Speaker Bio: Dr. Michael Zeller is the CEO of Zementis, a software company focused on the operational deployment and integration of predictive analytics and data mining solutions. In 2011 and 2012, Michael served as the co-chair for the Industry & Government Track of the ACM SIGKDD Conference on Knowledge Discovery and Data Mining which is the premier international forum for data mining researchers and practitioners from academia, industry, and government. Michael received a Ph.D. in Physics from the University of Frankfurt (Germany), with emphasis in the development of neural networks, robotics, and human-computer intelligent interaction. Michael also received a visiting scholarship from the Department of Physics at the University of Illinois at Urbana-Champaign and was the recipient of a Presidential Postdoctoral Fellowship from the Computer Science Department at the University of Southern California.
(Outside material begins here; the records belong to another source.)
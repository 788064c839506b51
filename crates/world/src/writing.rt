//! Slots that programmers write.
ghost use Rattle.std.specs.Prelude.{◌≡◌, true, false, IfOk, OnErr};
ghost use Rattle.spec_world.specs.Questions.{apply, new_value};
ghost use Rattle.view.specs.Writing.{MayWrite};

use crate::draft::Draft;
use crate::edits::WrittenValue;
use crate::records::revise_record;
use moo_value::text::Text;
use moo_value::value::Value;
use std::alloc::AllocError;

impl Draft {
    /// Gives a slot another value where it lies, for a programmer, and answers whether it did: it does not where there is no such slot, nor where the programmer may not write
    /// it, nor where another draft shares the object.
    #[inline(always)]
    pub(crate) fn write(
        &mut self,
        programmer: i32,
        number: i32,
        name: &Text,
        value: &Value,
    ) -> Result<bool, AllocError>
        ensures done { IfOk result (λ b. b ≡ true → MayWrite programmer number name.now self.old × (self.new ≡ apply (new_value number name.now value.now) self.old)) }
        ensures left { IfOk result (λ b. b ≡ false → self.new ≡ self.old) }
        ensures err { OnErr result (self.new ≡ self.old) }
    {
        let revision = WrittenValue {
            programmer,
            name,
            value,
        };
        let done = revise_record(&mut self.objects, number, &revision)?;
        Ok(done)
    }
}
Thanks to Yue Cathy Chang for organizing this meetup event.
Bio of Yue Cathy Chang:
Yue Cathy Chang focuses on Big Data partner ecosystem strategy and go-to-market execution, and is currently working with Pervasive Software as a consultant. Cathy’s experience spans business development, software sales, and product design/management/marketing. She had held multiple roles at enterprise software companies and startups, including Director of Business Development at Datameer, senior product management, product marketing and sales roles at Symantec and IBM. Early in her career, Cathy was a microprocessor design engineer and holds a patent for logic design. Cathy holds MS and BS degrees in Electrical and Computer Engineering from Carnegie Mellon University, as well as an MBA and a MS in Engineering Systems from MIT.
Coffee and Light Snacks will be available.